I am waiting for the trail to drop off the crest and descend the other side of the ridge. Up here, waiting loses all connotations of passivity. Waiting demands the single-minded focus of a chef who waits for a stirred sauce to thicken, the passionate faith of the heartbroken and crippled who wait for their wounds to heal. Waiting means running, at as full a tilt as I can manage with a pack, along a faint strip of level ground cut into the rocky slope, with the setting sun at my back and the wind sending all my hair straight out from the side of my head like a proud flag. Chips of Sierra granite skid under my shoes. Under the flat glow of the aging sunlight, the trail and the rocks and the trees all begin to blend to an equal shade of red, so to that I feel as though I am climbing a single unremarkable tongue of flame to the crackling apex of a breathtaking inferno.
I stop only once. Ridiculously, I stop to photograph the setting sun. The wind pushes me off the trail, and I have to plant my feet wide apart, like a football player taking a tackle, to stay upright while I steady the camera against my chest. I take ten shots, each a little darker than the last. The last image shows only a strip of fire against a black background. I have to use all ten of my icy fingers, and my numb, chapped lips, to close the zipper on the camera case.
As I push forward, kicking against the deep current of wind, I squeeze my right hiking pole, hard, and then the left, to bring the feeling back to my hands. Right fist, left fist. Right foot, left foot. The red of the rocks and the trees and the black of the sky all soak into the trail and spill out again. i lose track of my tongue of flame and move forward on trust and instinct alone.
Finally, the weathered gray face of a Forest Service trail sign looms up out of the darkness in front of me. I pull out my headlamp, but even with its help I can't make out the writing on the lonely wooden post. One branch of trail goes right and down, the other left and up. I turn right. The lower trail winds a little and then drops, and I follow, leaving the last of the sunset licking the ridgetop above me.
Before, I waited for the trail to drop; now, I wait for it to flatten. The first downhill steps are steep, and I fall on my butt and hands and yell at myself to please be more careful, and I lose the thin gray line of trail amidst the gray of rock and scrub as it winds and switchbacks. I think I feel blood trickling into my sock and my glove, but I cannot see it and so pretend that it isn't there. I wave the headlamp in an arc in front of me, looking for flatter places in the steep slope, patches where the rock looks broken and disturbed and free of the few small plants that grow this high, looking for the distinctions and interruptions and subtle consistencies that signal human interference in smooth chaos. But the narrow beam of the lamp shows the landscape in piecemeal fashion, bits of dialogue all out of context, and without hearing the background noise unbroken I have no means to pick out the words.

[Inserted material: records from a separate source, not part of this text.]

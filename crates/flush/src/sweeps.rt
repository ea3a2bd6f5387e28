// What a flush does between taking the lock and freeing it.
ghost use Rattle.std.specs.Prelude.{◌≡◌, ◌<◌, ◌≤◌, ◌+◌, ◌*◌, ◌^◌, ℕ, true, false, ◌⊎◌};
ghost use Rattle.step_laws.specs.Tables.{is_clear_due, is_compare, is_swept, size_of, table_word};
ghost use Rattle.step_laws.specs.declared.map.TlbField.{TlbField};
ghost use Rattle.step_laws.specs.Map.{Tlb};
ghost use Rattle.guest_ram.specs.Areas.{IsOfTable};
ghost use Rattle.guest_ram.specs.Ports.{GoesBy};
ghost use Rattle.flush.specs.Flushed.{IsLeft, IsWithin};
ghost use Rattle.flush.specs.Sweeping.{HasCleared, HasSwept, IsInside, OnField, OnPage};

use guest_ram::{Look, Port};
use step_laws::{TlbField, size_word, tlb_word};
use tlb_entry::Book;
use tlb_table::clear;

/// How many main slots a table has behind a full flush.
const FIRST_SIZE: u16 = 64;

/// Stores SIZE, and makes the book a new one. The words are to be cleared behind it.
fn begin_anew<P: Port>(port: &mut P, book: &mut Book)
    requires inside { IsInside book.old (P.shows port.old) }
    ensures book { book.new ≡ record { hart = book.old.hart; size = 64; used = 0; large = false } }
    ensures inside { IsInside book.new (P.shows port.new) }
    ensures left { (slot : ℕ) (field : TlbField) → IsLeft (P.shows port.old) (P.shows port.new) slot field }
    ensures owes { (slot : ℕ) (field : TlbField) → is_compare field ≡ true → is_swept book.old.size 64 slot ≡ false → is_clear_due (P.shows port.old).own.actor slot field (P.shows port.old).own.steps ≡ false → is_clear_due (P.shows port.new).own.actor slot field (P.shows port.new).own.steps ≡ false }
    ensures goes { GoesBy 1 IsOfTable (P.shows port.old) (P.shows port.new) }
{
    port.store(size_word(book.hart), 64);
    book.size = FIRST_SIZE;
    book.used = 0;
    book.large = false;
}

/// Clears the main slots below a number, and the victims.
fn clear_slots<P: Port>(port: &mut P, book: &Book, size: u16)
    requires inside { IsInside book.now (P.shows port.old) }
    requires size { size ≤ 1024 }
    ensures cleared { HasCleared (λ slot. (slot < size) ⊎ ((1024 ≤ slot) × (slot < 1032))) (P.shows port.old) (P.shows port.new) }
    ensures inside { IsInside book.now (P.shows port.new) }
    ensures goes { GoesBy (3 * size + 24) IsOfTable (P.shows port.old) (P.shows port.new) }
{
    for slot in 0..size {
        clear(port, book, slot);
    }
    for victim in 1024..1032 {
        clear(port, book, victim);
    }
}

/// Makes a compare word of a page's main slot invalid where it is valid for that page, in either mode.
fn sweep_field<P: Port>(port: &mut P, book: &Book, page: u64, field: TlbField)
    requires inside { IsInside book.now (P.shows port.old) }
    requires compare { is_compare field ≡ true }
    ensures swept { HasSwept (OnField page field) (P.shows port.old) (P.shows port.new) }
    ensures inside { IsInside book.now (P.shows port.new) }
    ensures goes { GoesBy 2 IsOfTable (P.shows port.old) (P.shows port.new) }
{
    let slot = (page % u64::from(book.size)) as u16;
    let word = tlb_word(book.hart, slot, field);
    let compare = port.look(word);
    if compare % 2 == 0 && compare / 4096 == page {
        port.store(word, 1);
    }
}

/// Makes the entries of a page invalid.
fn sweep_page<P: Port>(port: &mut P, book: &Book, page: u64)
    requires inside { IsInside book.now (P.shows port.old) }
    ensures swept { HasSwept (OnPage page) (P.shows port.old) (P.shows port.new) }
    ensures inside { IsInside book.now (P.shows port.new) }
    ensures goes { GoesBy 6 IsOfTable (P.shows port.old) (P.shows port.new) }
{
    sweep_field(port, book, page, TlbField::Read);
    sweep_field(port, book, page, TlbField::Write);
    sweep_field(port, book, page, TlbField::Code);
}

/// Makes the entries of pages invalid.
pub fn sweep<P: Port>(port: &mut P, book: &Book, first: u64, count: u16)
    requires inside { IsInside book.now (P.shows port.old) }
    requires page { first < 2 ^ 52 }
    ensures swept { HasSwept (λ n _. IsWithin first count n) (P.shows port.old) (P.shows port.new) }
    ensures inside { IsInside book.now (P.shows port.new) }
    ensures goes { GoesBy (6 * count) IsOfTable (P.shows port.old) (P.shows port.new) }
{
    for i in 0..count {
        sweep_page(port, book, first + u64::from(i));
    }
}

/// Makes the whole table invalid, and the book a new one.
pub fn empty<P: Port>(port: &mut P, book: &mut Book)
    requires inside { IsInside book.old (P.shows port.old) }
    ensures book { book.new ≡ record { hart = book.old.hart; size = 64; used = 0; large = false } }
    ensures inside { IsInside book.new (P.shows port.new) }
    ensures invalid { (slot : ℕ) (field : TlbField) → is_compare field ≡ true → is_swept book.old.size 64 slot ≡ true → table_word (Tlb (P.shows port.new).own.actor slot field) (P.shows port.new).own.steps ≡ 1 }
    ensures left { (slot : ℕ) (field : TlbField) → (is_compare field ≡ false) ⊎ (is_swept book.old.size 64 slot ≡ false) → IsLeft (P.shows port.old) (P.shows port.new) slot field }
    ensures owes { (slot : ℕ) (field : TlbField) → is_compare field ≡ true → is_clear_due (P.shows port.old).own.actor slot field (P.shows port.old).own.steps ≡ false → is_clear_due (P.shows port.new).own.actor slot field (P.shows port.new).own.steps ≡ false }
    ensures goes { GoesBy (3 * book.old.size + 25) IsOfTable (P.shows port.old) (P.shows port.new) }
{
    let size = book.size;
    begin_anew(port, book);
    clear_slots(port, book, size);
}
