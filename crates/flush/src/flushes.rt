// Flushes, each in one section of the hart's own lock: the step that frees it is the place of the flush.
ghost use Rattle.std.specs.Prelude.{◌≡◌, ◌<◌, ◌^◌, OnOk, IfErr};
ghost use Rattle.guest_ram.specs.Areas.{IsOfTable};
ghost use Rattle.guest_ram.specs.Ports.{GoesBy};
ghost use Rattle.kept_fills.specs.Beside.{IsBeside};
ghost use Rattle.flush.specs.Flushed.{HasBeenBusy, HasFlushed, HasFlushedAll, full_steps, page_steps};

use crate::sweeps::{empty, sweep};
use guest_ram::Port;
use tlb_entry::Book;
use tlb_lock::{Busy, try_lock, unlock};

/// Flushes the hart's whole table. Where another holds its lock nothing is flushed.
pub fn flush_all<P: Port>(book: &mut Book, port: &mut P) -> Result<(), Busy>
    requires beside { IsBeside book.old (P.shows port.old) }
    ensures flushed { OnOk result (HasFlushedAll (P.shows port.old) (P.shows port.new) book.old book.new) }
    ensures busy { IfErr result (λ busy. HasBeenBusy busy.holder (P.shows port.old) (P.shows port.new) book.old book.new) }
    ensures beside { IsBeside book.new (P.shows port.new) }
    ensures goes { GoesBy (full_steps book.old.size) IsOfTable (P.shows port.old) (P.shows port.new) }
{
    match try_lock(port, book.hart) {
        Err(busy) => return Err(busy),
        Ok(()) => {}
    }
    let hart = book.hart;
    empty(port, book);
    unlock(port, hart);
    Ok(())
}

/// Flushes pages by the number of the first one and their count; the whole table where an entry of a leaf of 2 MiB or 1 GiB was put since
/// the last full flush. Where another holds the lock nothing is flushed.
pub fn flush_pages<P: Port>(
    book: &mut Book,
    port: &mut P,
    page: u64,
    count: u16,
) -> Result<(), Busy>
    requires beside { IsBeside book.old (P.shows port.old) }
    requires page { page < 2 ^ 52 }
    ensures flushed { OnOk result (HasFlushed book.old.large (P.shows port.old) (P.shows port.new) book.old book.new page count) }
    ensures busy { IfErr result (λ busy. HasBeenBusy busy.holder (P.shows port.old) (P.shows port.new) book.old book.new) }
    ensures beside { IsBeside book.new (P.shows port.new) }
    ensures goes { GoesBy (page_steps book.old.large book.old.size count) IsOfTable (P.shows port.old) (P.shows port.new) }
{
    if book.large {
        return flush_all(book, port);
    }
    match try_lock(port, book.hart) {
        Err(busy) => return Err(busy),
        Ok(()) => {}
    }
    sweep(port, book, page, count);
    unlock(port, book.hart);
    Ok(())
}
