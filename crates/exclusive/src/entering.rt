// Entering, so that no other actor is in a section of its own, and leaving.
ghost use Rattle.std.specs.Prelude.{◌≡◌, OnOk, IfErr, false};
ghost use Rattle.step_laws.specs.Sections.{inside, is_claimant, outside, phase, IsOut};
ghost use Rattle.guest_ram.specs.Areas.{IsOfSection};
ghost use Rattle.guest_ram.specs.Ports.{GoesBy, IsActing};
ghost use Rattle.exclusive.specs.Entries.{HasEntered, HasLeft, HasTurnedBack};

use guest_ram::{Port, Seen};
use step_laws::{pend_word, run_word};

/// Enters: stores 1 in the own RUN and then loads PEND. Where that isn't 0 another claims the section: the actor stores 0 in its RUN again
/// and answers what it saw.
#[tactic(auto, using(guest_ram::proofs::MaySteps::section_kinds, guest_ram::proofs::Moves::actor_few))]
pub fn enter<P: Port>(port: &mut P) -> Result<(), Seen>
    requires acting { IsActing (P.shows port.old) }
    requires out { IsOut (P.shows port.old).own.steps }
    ensures entered { OnOk result (HasEntered (P.shows port.old) (P.shows port.new)) }
    ensures inside { OnOk result (phase (P.shows port.new).own.steps ≡ inside) }
    ensures refused { IfErr result (λ seen. HasTurnedBack seen (P.shows port.old) (P.shows port.new)) }
    ensures back { IfErr result (λ seen. phase (P.shows port.new).own.steps ≡ outside) }
    ensures claimless { is_claimant (P.shows port.new).own.steps ≡ false }
    ensures acting { IsActing (P.shows port.new) }
    ensures goes { GoesBy 3 IsOfSection (P.shows port.old) (P.shows port.new) }
{
    let own = run_word(port.actor());
    let pend = pend_word();
    port.store(own, 1);
    let found = port.load(pend);
    if found != 0 {
        port.store(own, 0);
        return Err(Seen {
            word: pend,
            value: found,
        });
    }
    Ok(())
}

/// Leaves: stores 0 in the own RUN.
#[tactic(auto, using(guest_ram::proofs::MaySteps::section_kinds, guest_ram::proofs::Moves::actor_few))]
pub fn leave<P: Port>(port: &mut P)
    requires acting { IsActing (P.shows port.old) }
    ensures left { HasLeft (P.shows port.old) (P.shows port.new) }
    ensures out { phase (P.shows port.new).own.steps ≡ outside }
    ensures claim { is_claimant (P.shows port.new).own.steps ≡ is_claimant (P.shows port.old).own.steps }
    ensures acting { IsActing (P.shows port.new) }
    ensures goes { GoesBy 1 IsOfSection (P.shows port.old) (P.shows port.new) }
{
    let run = run_word(port.actor());
    port.store(run, 0)
}
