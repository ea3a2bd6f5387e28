//! Sections: who enters works beside others; who claims the section, and finds all others outside, is alone until it is released.
#![tactic(auto)]

mod claiming;
mod entering;
mod kicking;

pub use claiming::{all_out, claim, release};
pub use entering::{enter, leave};
pub use guest_ram::Seen;
pub use kicking::kick;
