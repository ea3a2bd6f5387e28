// Calling other harts out, so that they leave before their quantum ends.
ghost use Rattle.std.specs.Prelude.{◌≡◌, ◌≢◌, ◌<◌};
ghost use Rattle.step_laws.specs.Sections.{is_claimant, phase};
ghost use Rattle.guest_ram.specs.Ports.{layout_of, GoesBy, IsActing, StandsAs};
ghost use Rattle.exclusive.specs.Claims.{HasKicked, HasKickedOthers, IsKick};

use guest_ram::Port;
use step_laws::kick_word;

/// Calls another hart out: stores 1 in its KICK.
#[tactic(auto, using(guest_ram::proofs::MaySteps::kick_kinds, guest_ram::proofs::Moves::acting_adds, guest_ram::proofs::Moves::phase_adds, guest_ram::proofs::Moves::claims_adds))]
pub fn kick<P: Port>(port: &mut P, hart: u8)
    requires acting { IsActing (P.shows port.old) }
    requires hart { hart < (layout_of (P.shows port.old)).harts }
    requires other { hart ≢ (P.shows port.old).own.actor }
    ensures kicked { HasKicked hart (P.shows port.old) (P.shows port.new) }
    ensures phase { phase (P.shows port.new).own.steps ≡ phase (P.shows port.old).own.steps }
    ensures claim { is_claimant (P.shows port.new).own.steps ≡ is_claimant (P.shows port.old).own.steps }
    ensures acting { IsActing (P.shows port.new) }
    ensures goes { GoesBy 1 IsKick (P.shows port.old) (P.shows port.new) }
{
    port.store(kick_word(hart), 1);
}

/// Calls every other hart out, in order.
#[tactic(auto, using(crate::proofs::Callings::calling_first, crate::proofs::Callings::calling_last, crate::proofs::Callings::calling_other, crate::proofs::Callings::calling_not_own))]
pub(crate) fn kick_others<P: Port>(port: &mut P)
    requires acting { IsActing (P.shows port.old) }
    ensures kicked { HasKickedOthers (P.shows port.old) (P.shows port.new) }
    ensures stands { StandsAs (P.shows port.old) (P.shows port.new) }
    ensures acting { IsActing (P.shows port.new) }
    ensures goes { GoesBy 8 IsKick (P.shows port.old) (P.shows port.new) }
{
    let own = port.actor();
    let harts = port.layout().harts;
    for hart in 0..harts {
        if hart != own {
            kick(port, hart);
        }
    }
}
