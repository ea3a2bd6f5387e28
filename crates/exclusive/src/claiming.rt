// The section: who claims it, and finds all others outside, is alone there until it is released.
ghost use Rattle.std.specs.Prelude.{◌≡◌, OnOk, IfErr, false, true};
ghost use Rattle.step_laws.specs.Sections.{is_claimant, outside, phase, IsInSection, IsOut};
ghost use Rattle.guest_ram.specs.Areas.{IsOfSection};
ghost use Rattle.guest_ram.specs.Ports.{layout_of, GoesBy, IsActing};
ghost use Rattle.exclusive.specs.Claims.{HasClaimed, HasFoundAllOut, HasFoundClaim, HasFoundInside, HasReleased, IsOfClaims};

use crate::kicking::kick_others;
use guest_ram::{Port, Seen};
use step_laws::{MONITOR, pend_word, run_word};

/// Claims the section by an exchange of PEND from 0, and then calls every other hart out. Where PEND isn't 0 nothing is claimed and nobody
/// called; the answer says who claims it.
#[tactic(auto, using(guest_ram::proofs::MaySteps::section_kinds, guest_ram::proofs::Moves::claims_adds, guest_ram::proofs::Moves::phase_adds, guest_ram::proofs::Moves::acting_adds))]
pub fn claim<P: Port>(port: &mut P) -> Result<(), Seen>
    requires acting { IsActing (P.shows port.old) }
    requires out { IsOut (P.shows port.old).own.steps }
    ensures claimed { OnOk result (HasClaimed (P.shows port.old) (P.shows port.new)) }
    ensures claimant { OnOk result (is_claimant (P.shows port.new).own.steps ≡ true) }
    ensures refused { IfErr result (λ seen. HasFoundClaim seen (P.shows port.old) (P.shows port.new)) }
    ensures claimless { IfErr result (λ _. is_claimant (P.shows port.new).own.steps ≡ false) }
    ensures out { phase (P.shows port.new).own.steps ≡ outside }
    ensures acting { IsActing (P.shows port.new) }
    ensures goes { GoesBy 9 IsOfClaims (P.shows port.old) (P.shows port.new) }
{
    let pend = pend_word();
    let own = u64::from(port.actor()) + 1;
    let found = port.compare_exchange(pend, 0, own);
    if found != 0 {
        return Err(Seen {
            word: pend,
            value: found,
        });
    }
    kick_others(port);
    Ok(())
}

/// Looks anew whether all other actors are outside, by one pass of loads of their RUN: the harts in order, then the monitor. Then the
/// claimant is in section. Where one isn't outside the pass ends there, and the answer says what it saw; the claim stays.
#[tactic(auto, using(guest_ram::proofs::MaySteps::section_kinds, guest_ram::proofs::Moves::claims_adds, guest_ram::proofs::Moves::acting_adds, guest_ram::proofs::Moves::actor_few, crate::proofs::Passes::looking_first, crate::proofs::Passes::looking_hart, crate::proofs::Passes::looking_own))]
pub fn all_out<P: Port>(port: &mut P) -> Result<(), Seen>
    requires acting { IsActing (P.shows port.old) }
    requires claimant { is_claimant (P.shows port.old).own.steps ≡ true }
    ensures all_out { OnOk result (HasFoundAllOut (P.shows port.old) (P.shows port.new)) }
    ensures section { OnOk result (IsInSection (layout_of (P.shows port.new)) (P.shows port.new).own.actor (P.shows port.new).own.steps) }
    ensures refused { IfErr result (λ seen. HasFoundInside seen (P.shows port.old) (P.shows port.new)) }
    ensures claimant { is_claimant (P.shows port.new).own.steps ≡ true }
    ensures phase { phase (P.shows port.new).own.steps ≡ phase (P.shows port.old).own.steps }
    ensures acting { IsActing (P.shows port.new) }
    ensures goes { GoesBy 9 IsOfSection (P.shows port.old) (P.shows port.new) }
{
    let own = port.actor();
    let harts = port.layout().harts;
    for hart in 0..harts {
        if hart != own {
            let word = run_word(hart);
            let found = port.load(word);
            if found != 0 {
                return Err(Seen { word, value: found });
            }
        }
    }
    if own != MONITOR {
        let word = run_word(MONITOR);
        let found = port.load(word);
        if found != 0 {
            return Err(Seen { word, value: found });
        }
    }
    Ok(())
}

/// Gives the section back: stores 0 in PEND.
#[tactic(auto, using(guest_ram::proofs::MaySteps::section_kinds, guest_ram::proofs::Moves::claims_adds, guest_ram::proofs::Moves::phase_adds, guest_ram::proofs::Moves::acting_adds))]
pub fn release<P: Port>(port: &mut P)
    requires acting { IsActing (P.shows port.old) }
    requires claimant { is_claimant (P.shows port.old).own.steps ≡ true }
    ensures released { HasReleased (P.shows port.old) (P.shows port.new) }
    ensures claimless { is_claimant (P.shows port.new).own.steps ≡ false }
    ensures phase { phase (P.shows port.new).own.steps ≡ phase (P.shows port.old).own.steps }
    ensures acting { IsActing (P.shows port.new) }
    ensures goes { GoesBy 1 IsOfSection (P.shows port.old) (P.shows port.new) }
{
    port.store(pend_word(), 0);
}
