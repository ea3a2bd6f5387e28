//! Flushes of a hart's own TLB: of the whole table, and of pages.
#![tactic(auto)]

mod flushes;
mod sweeps;

pub use flushes::{flush_all, flush_pages};
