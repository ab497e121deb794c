// What a call answers, as the numbers of document 01: reply, number beside it, grade.
use cases::answer::Reply;
use reading::Read;
use replies::{Code, Refusal};

// Reply 0 with its number.
fn given(number: usize, grade: u32) -> Reply {
    Reply {
        reply: 0,
        number: number as u64,
        grade: u64::from(grade),
    }
}

// The reply of each refusal.
fn refused(refusal: Refusal) -> Reply {
    let told = Code::from(refusal);
    Reply {
        reply: u64::from(told.reply),
        number: told.number,
        grade: 0,
    }
}

// The reply of drawing, keeping or replacing.
pub fn of(answer: Result<usize, Refusal>) -> Reply {
    match answer {
        Ok(number) => given(number, 0),
        Err(refusal) => refused(refusal),
    }
}

// The reply of reading.
pub fn of_read(answer: Result<Read, Refusal>) -> Reply {
    match answer {
        Ok(read) => given(read.vertices, read.grade),
        Err(refusal) => refused(refusal),
    }
}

So I translate the language of the trail directly and painstakingly, one three-foot syllable at a time, until I have descended into a world of grass and trees, where the words of the trail contrast sharply with those of the landscape and I can follow both by the music of the dialect alone.
And now I can look up, and I can notice a milky glow all along the eastern horizon, like a weak and washed-out sunrise. I think of photos I have seen of the Northern Lights, photos taken far from California. I watch as the glow brightens, gathering itself into a brimming pool at the center of the sky. I watch the moon rise so fast I can taste it, until my shadow stretches behind me into the west, until every crease in the ground at my feet shouts its name into the air. The crystal granite boulders scattered in the grass seize the light and fling it through the branches of the pines. Soaked in gossamer phosphorescence, I feel reverence rise rich and scalding in my throat, seeping into my blood and my heart and my fingertips until I know I cannot contain so much. I drop everything and raise the camera, and in a single desperate motion close my warm hand over the shutter. The photo captures only the moon, a fuzzy alien globe bobbing in a sea of darkness, and nothing else. I tip my head back and gaze through salty tears upon a million scattered stars.